Да, нелегкими были последние дни бабушки Лизы. Родину она покинула, а до Америки не доехала, даже статус эмигранта получить не успела. Двенадцать дней добивались сыновья разрешения вывезти усопшую мать из Вены в Нью-Йорк. Но теперь и это было позади. Начались последние горестные хлопоты: похороны.
Ранний утренний час провели мы всей семьей в синагоге, где происходил обряд оплакивания усопшей. Слышал я, что обряд этот в нашей религии относится к одной из важнейших древних заповедей. Может, в древности люди были благочестивы и впрямь исполняли обряды от всей души. Но каким же формальным стало оплакивание в наши дни!
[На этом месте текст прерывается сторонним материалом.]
// What the program inspect does with its arguments.
#![tactic(auto)]

use inspect_answer::failure::fail;
use inspect_answer::input;
use inspect_stream::trace;
use std::env::FillError;
use std::fs::File;
use std::io::{BufWriter, Read, Write};
use std::rt::{Env, Files};
use std::{io, str};

// What the input is.
#[derive(Clone, Copy)]
enum Sort {
    Lines,
    Stream,
}

fn help(rt: &impl Print) -> io::Result<()> {
    io::writer(rt).write_all(
        b"usage: inspect [FILE]\n       inspect --trace [FILE]\n\n\
          Shows OSDP payloads and frames in words. A line of FILE, or of standard input, is a payload: the word command or\n\
          reply, its code byte and its bytes in hex, with or without spaces; or the word frame and the bytes of a frame.\n\n    \
          command 69 00 00 02 05 05 02 00 64 00 01 01 00 01 01\n    \
          reply 50 00001A0012345680   # RAW of 26 bits\n    \
          frame 53 00 08 00 04 60 EB AA\n\n\
          Blank lines, and what stands after a #, are passed over. A line may have 65,547 bytes, one more than the library\n\
          takes of a payload.\n\n\
          Shown are the kind and the record, field by field; the strict check's first complaint for readers of the\n\
          second generation, and for those of the first where it is another one; the normalised bytes where they\n\
          differ; or the refusal: its row, its two numbers and what it means. Of a frame: what it says, and its payload\n\
          in the same way. A line that is neither is named with the column where it goes wrong, and the rest goes on.\n\n\
          With --trace the input is a stream, as a line tap gives it: bytes in hex, on as many lines as there are. Each\n\
          frame in it is shown with its offset. A damaged one is shown with its refusal, and the search goes on at the\n\
          next byte 53 after its first; bytes between frames are counted, mark bytes FF by themselves.\n",
    )
}

fn inspect<P: Print + Eprint + AllocGlobal, R: Read>(
    rt: &P,
    sort: Sort,
    from: &mut R,
) -> io::Result<()> {
    let mut out = BufWriter::with_capacity(rt.alloc(), 65536, io::writer(rt))?;
    match sort {
        Sort::Lines => input::all(rt, from, &mut out)?,
        Sort::Stream => trace::all(rt, from, &mut out)?,
    }
    out.flush()
}

// What is said of an argument that cannot be a file's name.
fn bad_name(rt: &impl Eprint, why: &str) -> io::Result<()> {
    eprintln!(rt; "inspect: bad file name: {why}")
}

fn inspect_file<P: Files + Print + Eprint + AllocGlobal>(
    rt: &P,
    sort: Sort,
    name: &[u8],
) -> io::Result<()> {
    let Ok(name) = str::from_utf8(name) else {
        return bad_name(rt, "not UTF-8");
    };
    if name.is_empty() {
        return bad_name(rt, "Success");
    }
    match File::open(rt, name) {
        Ok(mut file) => inspect(rt, sort, &mut file),
        Err(e) => {
            eprint!(rt; "inspect: cannot open ")?;
            fail(rt, name, e)
        }
    }
}

// An argument, in the space given: none, or one that is too long to be a file's name.
fn argument<'a>(rt: &impl Env, at: usize, space: &'a mut [u8]) -> Result<&'a [u8], FillError> {
    let n = rt.arg(at, &mut *space)?;
    Ok(&space[..n])
}

// A file by its name, or standard input where there is none.
fn named<P: Env + Files + Input + Print + Eprint + AllocGlobal>(
    rt: &P,
    sort: Sort,
    at: usize,
) -> io::Result<()> {
    let mut space = [0u8; 4096];
    match argument(rt, at, &mut space) {
        Ok(name) => inspect_file(rt, sort, name),
        Err(FillError::TooLong) => bad_name(rt, "File name too long"),
        Err(FillError::NotPresent) => inspect(rt, sort, &mut rt.reader()),
    }
}

// Not by `env::args`, which fails where any argument is not UTF-8, the program's own name too.
pub fn run<P: Env + Files + Input + Print + Eprint + AllocGlobal>(rt: &P) -> io::Result<()> {
    let mut space = [0u8; 8];
    let first = argument(rt, 1, &mut space);
    let (sort, at) = match first {
        Ok(b"--trace") => (Sort::Stream, 2),
        _ => (Sort::Lines, 1),
    };
    let mut more = [0u8; 1];
    if !matches!(argument(rt, at + 1, &mut more), Err(FillError::NotPresent)) {
        return eprintln!(rt; "inspect: one file at most; inspect --help says more");
    }
    if matches!(first, Ok(b"--help")) {
        return help(rt);
    }
    named(rt, sort, at)
}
Судите сами. Мы, родственники усопшей, сидим в первом ряду. Друзья и знакомые подходят один за другим, обнимают нас, произносят «Хаёти Шумо боша», то есть «примите соболезнования», либо «Худо рахмат куна» – «добрая память усопшим». Некоторые поднимаются на возвышение и произносят скорбную речь. Говорят торжественно, велеречиво, почти одними и теми же словами… Может быть, речи нужны, а точнее говоря, неизбежны, когда прощаются с официальными лицами, с широко известными общественными деятелями. Но на семейных похоронах – зачем, скажите мне? Кому это надо – родственникам, усопшему?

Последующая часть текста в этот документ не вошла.